Work required:
Output only the lines of the entries that follow, starting at the one with "let required = requirement_of(inquiry.search.required, found);" and running down to the one with "watch: &mut W)", both included and unchanged.

Start of Block

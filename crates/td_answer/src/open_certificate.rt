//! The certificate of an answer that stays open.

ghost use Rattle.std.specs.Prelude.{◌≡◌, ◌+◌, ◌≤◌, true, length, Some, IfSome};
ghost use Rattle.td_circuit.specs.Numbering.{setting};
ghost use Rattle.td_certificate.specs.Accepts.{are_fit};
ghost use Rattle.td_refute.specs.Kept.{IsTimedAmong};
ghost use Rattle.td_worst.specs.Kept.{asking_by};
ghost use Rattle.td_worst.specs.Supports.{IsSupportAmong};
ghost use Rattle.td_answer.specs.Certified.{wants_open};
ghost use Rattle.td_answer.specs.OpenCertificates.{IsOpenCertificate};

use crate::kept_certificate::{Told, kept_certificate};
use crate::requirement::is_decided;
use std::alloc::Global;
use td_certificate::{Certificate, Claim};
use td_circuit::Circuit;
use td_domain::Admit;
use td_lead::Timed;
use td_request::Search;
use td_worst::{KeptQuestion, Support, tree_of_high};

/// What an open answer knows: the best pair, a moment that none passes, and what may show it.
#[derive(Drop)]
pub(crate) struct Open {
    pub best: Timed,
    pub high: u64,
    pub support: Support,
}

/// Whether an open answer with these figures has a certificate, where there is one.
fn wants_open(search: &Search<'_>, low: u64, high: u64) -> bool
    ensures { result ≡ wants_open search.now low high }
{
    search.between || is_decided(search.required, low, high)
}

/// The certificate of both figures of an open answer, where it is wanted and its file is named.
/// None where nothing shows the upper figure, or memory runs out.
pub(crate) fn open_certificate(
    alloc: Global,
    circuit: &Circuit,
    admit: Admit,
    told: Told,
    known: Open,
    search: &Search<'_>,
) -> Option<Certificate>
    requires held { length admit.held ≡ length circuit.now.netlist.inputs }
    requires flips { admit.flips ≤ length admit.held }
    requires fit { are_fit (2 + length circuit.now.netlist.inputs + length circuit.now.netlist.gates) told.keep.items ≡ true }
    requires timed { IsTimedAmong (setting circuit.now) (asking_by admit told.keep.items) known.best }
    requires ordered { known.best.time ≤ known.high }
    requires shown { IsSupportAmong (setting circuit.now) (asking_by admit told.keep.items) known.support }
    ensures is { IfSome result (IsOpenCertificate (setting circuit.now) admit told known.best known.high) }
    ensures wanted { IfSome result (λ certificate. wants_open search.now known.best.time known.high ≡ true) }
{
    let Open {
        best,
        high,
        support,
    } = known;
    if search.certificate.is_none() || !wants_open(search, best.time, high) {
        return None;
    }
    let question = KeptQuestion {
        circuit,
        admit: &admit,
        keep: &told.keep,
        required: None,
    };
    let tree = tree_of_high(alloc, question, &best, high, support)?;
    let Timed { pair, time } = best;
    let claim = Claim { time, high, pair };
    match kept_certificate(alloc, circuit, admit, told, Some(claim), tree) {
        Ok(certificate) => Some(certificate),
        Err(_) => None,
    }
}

End of Block
Start of Block

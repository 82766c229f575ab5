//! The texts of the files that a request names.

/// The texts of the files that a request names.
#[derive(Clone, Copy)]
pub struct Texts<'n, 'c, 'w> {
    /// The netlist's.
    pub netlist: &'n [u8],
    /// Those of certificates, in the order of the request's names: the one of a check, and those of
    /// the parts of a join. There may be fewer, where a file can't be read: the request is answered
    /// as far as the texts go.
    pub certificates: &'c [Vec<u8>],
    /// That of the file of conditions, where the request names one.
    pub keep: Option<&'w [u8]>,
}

End of Block
Start of Block

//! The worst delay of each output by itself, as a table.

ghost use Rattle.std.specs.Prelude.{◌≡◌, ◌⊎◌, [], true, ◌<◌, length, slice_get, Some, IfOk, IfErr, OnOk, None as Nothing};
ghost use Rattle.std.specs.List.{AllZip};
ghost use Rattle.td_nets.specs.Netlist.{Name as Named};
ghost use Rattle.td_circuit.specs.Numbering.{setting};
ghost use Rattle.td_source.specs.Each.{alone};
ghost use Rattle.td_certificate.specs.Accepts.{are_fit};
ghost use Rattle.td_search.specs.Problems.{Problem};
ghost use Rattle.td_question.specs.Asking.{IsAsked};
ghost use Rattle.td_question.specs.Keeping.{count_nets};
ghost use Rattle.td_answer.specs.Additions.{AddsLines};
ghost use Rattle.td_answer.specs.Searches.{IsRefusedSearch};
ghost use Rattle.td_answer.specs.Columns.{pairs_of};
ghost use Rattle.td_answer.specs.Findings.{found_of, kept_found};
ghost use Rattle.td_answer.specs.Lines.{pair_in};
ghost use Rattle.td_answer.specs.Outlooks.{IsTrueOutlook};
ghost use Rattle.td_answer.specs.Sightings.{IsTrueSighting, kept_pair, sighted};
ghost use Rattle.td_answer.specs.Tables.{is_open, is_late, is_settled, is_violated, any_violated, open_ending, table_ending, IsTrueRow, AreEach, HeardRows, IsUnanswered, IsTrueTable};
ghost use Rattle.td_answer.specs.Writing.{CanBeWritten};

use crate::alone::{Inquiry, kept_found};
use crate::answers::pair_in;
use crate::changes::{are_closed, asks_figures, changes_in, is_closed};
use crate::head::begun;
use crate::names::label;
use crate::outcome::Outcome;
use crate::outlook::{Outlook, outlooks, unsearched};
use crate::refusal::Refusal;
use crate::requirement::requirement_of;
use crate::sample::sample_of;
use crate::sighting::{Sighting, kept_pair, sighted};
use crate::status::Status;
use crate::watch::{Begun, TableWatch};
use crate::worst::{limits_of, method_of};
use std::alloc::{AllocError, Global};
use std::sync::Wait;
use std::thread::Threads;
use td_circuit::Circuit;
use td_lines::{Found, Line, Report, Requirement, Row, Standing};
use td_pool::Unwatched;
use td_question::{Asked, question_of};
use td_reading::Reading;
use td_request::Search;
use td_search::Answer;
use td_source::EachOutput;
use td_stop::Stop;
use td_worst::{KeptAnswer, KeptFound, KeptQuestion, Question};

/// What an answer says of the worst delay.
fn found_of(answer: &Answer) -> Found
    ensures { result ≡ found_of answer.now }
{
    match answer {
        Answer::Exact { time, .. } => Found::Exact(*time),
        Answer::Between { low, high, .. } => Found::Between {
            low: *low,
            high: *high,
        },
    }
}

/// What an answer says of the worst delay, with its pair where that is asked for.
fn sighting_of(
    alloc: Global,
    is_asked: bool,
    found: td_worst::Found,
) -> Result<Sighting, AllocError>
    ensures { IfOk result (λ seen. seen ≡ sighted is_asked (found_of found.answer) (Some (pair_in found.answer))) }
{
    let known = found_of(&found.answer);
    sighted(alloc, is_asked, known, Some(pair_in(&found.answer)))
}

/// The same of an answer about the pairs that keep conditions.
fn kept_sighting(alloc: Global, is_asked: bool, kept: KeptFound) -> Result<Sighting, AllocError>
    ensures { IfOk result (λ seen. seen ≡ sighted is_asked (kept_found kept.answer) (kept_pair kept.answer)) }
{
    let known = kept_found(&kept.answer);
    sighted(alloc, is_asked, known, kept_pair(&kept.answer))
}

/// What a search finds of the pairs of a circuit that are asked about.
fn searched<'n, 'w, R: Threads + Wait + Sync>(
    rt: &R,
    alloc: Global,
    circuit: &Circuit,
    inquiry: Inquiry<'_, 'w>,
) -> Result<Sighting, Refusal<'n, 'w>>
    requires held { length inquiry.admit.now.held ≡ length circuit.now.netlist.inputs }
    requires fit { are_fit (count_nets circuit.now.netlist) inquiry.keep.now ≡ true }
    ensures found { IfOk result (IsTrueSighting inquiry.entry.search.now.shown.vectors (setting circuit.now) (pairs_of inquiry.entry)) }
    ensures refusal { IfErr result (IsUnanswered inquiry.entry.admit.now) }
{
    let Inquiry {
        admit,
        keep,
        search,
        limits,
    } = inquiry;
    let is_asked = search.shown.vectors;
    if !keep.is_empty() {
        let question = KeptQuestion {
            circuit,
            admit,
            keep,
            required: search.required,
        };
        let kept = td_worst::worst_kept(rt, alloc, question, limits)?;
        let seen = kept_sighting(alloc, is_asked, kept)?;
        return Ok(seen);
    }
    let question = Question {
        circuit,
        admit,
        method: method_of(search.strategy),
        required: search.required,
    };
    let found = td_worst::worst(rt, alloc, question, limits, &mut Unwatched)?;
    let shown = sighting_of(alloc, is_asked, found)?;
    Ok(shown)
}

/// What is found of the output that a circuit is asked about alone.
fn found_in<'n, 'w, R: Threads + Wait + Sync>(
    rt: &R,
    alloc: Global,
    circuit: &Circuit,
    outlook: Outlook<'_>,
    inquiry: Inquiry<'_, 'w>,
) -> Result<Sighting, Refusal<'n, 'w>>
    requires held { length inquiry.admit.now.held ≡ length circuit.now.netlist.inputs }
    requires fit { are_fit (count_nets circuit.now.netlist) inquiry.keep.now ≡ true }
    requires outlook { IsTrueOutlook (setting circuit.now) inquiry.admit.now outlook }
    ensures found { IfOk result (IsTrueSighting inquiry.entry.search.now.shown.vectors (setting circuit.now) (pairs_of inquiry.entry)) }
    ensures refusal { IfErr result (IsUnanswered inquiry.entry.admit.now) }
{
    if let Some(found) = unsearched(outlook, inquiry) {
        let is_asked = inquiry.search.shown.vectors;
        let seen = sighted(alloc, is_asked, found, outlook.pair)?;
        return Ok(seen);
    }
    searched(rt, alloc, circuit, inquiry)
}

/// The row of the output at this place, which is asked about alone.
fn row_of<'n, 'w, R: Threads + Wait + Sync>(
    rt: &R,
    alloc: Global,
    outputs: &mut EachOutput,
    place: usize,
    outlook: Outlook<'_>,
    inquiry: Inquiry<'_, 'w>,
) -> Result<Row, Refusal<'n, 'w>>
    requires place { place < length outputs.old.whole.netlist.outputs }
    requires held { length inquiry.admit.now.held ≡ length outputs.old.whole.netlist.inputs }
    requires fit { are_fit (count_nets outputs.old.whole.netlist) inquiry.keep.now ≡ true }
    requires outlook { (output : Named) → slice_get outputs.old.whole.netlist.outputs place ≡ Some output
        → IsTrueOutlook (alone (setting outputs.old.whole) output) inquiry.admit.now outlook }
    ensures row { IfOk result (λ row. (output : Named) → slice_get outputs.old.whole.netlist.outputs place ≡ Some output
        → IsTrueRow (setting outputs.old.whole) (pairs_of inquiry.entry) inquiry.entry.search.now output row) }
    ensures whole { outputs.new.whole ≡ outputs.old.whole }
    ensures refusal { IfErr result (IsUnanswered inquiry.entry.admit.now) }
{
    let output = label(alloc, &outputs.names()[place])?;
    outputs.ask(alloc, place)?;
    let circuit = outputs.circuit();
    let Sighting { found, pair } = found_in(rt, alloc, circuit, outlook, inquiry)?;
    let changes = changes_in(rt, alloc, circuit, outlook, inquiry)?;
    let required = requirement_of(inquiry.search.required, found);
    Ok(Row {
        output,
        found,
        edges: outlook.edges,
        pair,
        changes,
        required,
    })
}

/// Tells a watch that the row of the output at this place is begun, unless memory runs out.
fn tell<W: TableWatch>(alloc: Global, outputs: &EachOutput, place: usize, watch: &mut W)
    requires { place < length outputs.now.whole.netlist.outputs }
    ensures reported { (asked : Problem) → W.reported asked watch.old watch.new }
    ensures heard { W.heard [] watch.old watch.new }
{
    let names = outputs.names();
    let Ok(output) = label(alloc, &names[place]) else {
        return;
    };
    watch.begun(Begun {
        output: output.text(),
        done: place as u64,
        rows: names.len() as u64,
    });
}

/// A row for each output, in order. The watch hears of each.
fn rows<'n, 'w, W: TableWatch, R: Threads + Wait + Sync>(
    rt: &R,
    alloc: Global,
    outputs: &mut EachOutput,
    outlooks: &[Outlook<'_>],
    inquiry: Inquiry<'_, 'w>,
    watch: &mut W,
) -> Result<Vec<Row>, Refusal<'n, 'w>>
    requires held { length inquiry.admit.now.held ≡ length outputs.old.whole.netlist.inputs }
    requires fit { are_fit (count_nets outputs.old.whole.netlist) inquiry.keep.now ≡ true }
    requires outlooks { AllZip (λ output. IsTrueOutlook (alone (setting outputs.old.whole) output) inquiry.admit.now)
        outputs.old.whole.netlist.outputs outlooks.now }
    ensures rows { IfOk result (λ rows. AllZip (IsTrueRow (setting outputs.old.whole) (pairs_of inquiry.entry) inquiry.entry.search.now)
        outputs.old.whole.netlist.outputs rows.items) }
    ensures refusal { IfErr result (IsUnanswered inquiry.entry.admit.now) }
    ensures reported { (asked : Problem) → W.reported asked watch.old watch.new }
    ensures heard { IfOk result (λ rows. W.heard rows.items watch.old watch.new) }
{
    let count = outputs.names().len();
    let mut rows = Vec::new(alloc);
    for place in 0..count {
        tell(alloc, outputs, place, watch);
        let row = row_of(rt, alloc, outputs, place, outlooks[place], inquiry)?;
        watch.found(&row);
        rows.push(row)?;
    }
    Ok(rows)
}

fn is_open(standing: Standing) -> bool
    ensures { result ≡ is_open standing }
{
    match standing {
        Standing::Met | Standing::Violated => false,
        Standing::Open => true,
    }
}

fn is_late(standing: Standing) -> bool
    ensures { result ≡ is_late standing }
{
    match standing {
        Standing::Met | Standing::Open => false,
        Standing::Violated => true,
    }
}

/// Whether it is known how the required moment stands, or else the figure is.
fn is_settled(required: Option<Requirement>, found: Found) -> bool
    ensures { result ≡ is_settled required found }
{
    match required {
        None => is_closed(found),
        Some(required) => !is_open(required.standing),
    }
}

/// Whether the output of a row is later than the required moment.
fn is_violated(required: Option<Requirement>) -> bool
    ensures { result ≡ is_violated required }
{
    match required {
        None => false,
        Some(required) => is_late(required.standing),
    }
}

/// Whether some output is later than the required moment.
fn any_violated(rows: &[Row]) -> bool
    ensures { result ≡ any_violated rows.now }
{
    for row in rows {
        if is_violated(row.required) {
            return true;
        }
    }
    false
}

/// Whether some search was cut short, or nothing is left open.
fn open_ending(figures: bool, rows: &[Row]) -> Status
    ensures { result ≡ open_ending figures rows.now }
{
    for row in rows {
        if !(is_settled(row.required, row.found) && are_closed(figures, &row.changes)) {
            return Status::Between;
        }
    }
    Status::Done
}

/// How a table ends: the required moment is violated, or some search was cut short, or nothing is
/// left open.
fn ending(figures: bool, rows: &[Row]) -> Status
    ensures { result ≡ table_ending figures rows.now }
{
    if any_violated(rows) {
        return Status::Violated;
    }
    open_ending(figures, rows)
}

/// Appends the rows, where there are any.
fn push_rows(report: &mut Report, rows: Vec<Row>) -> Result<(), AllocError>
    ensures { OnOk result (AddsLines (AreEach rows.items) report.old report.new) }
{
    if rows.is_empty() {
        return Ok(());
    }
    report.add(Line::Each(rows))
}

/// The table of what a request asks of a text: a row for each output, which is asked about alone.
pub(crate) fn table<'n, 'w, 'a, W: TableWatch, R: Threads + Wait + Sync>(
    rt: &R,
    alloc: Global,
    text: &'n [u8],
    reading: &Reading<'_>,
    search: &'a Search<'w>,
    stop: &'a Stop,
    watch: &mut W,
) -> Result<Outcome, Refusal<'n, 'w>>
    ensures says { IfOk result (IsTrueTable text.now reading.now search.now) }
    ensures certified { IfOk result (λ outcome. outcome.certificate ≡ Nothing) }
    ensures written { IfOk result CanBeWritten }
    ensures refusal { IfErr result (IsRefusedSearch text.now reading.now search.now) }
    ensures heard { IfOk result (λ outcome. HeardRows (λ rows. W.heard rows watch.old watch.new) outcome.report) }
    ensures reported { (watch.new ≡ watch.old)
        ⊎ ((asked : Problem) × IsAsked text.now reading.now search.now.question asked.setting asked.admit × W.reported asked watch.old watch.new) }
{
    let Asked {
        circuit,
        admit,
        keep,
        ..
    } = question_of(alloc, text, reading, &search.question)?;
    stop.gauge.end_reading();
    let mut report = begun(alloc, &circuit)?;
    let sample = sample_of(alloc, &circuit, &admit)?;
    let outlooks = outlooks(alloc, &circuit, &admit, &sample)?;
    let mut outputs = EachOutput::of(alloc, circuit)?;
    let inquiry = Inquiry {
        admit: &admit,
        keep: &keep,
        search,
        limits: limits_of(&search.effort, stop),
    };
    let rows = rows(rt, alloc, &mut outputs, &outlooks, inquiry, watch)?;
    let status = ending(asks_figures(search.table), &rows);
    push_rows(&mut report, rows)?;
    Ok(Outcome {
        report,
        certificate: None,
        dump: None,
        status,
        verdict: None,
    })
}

End of Block

Response to this task:
    let required = requirement_of(inquiry.search.required, found);
    Ok(Row {
        output,
        found,
        edges: outlook.edges,
        pair,
        changes,
        required,
    })
}

/// Tells a watch that the row of the output at this place is begun, unless memory runs out.
fn tell<W: TableWatch>(alloc: Global, outputs: &EachOutput, place: usize, watch: &mut W)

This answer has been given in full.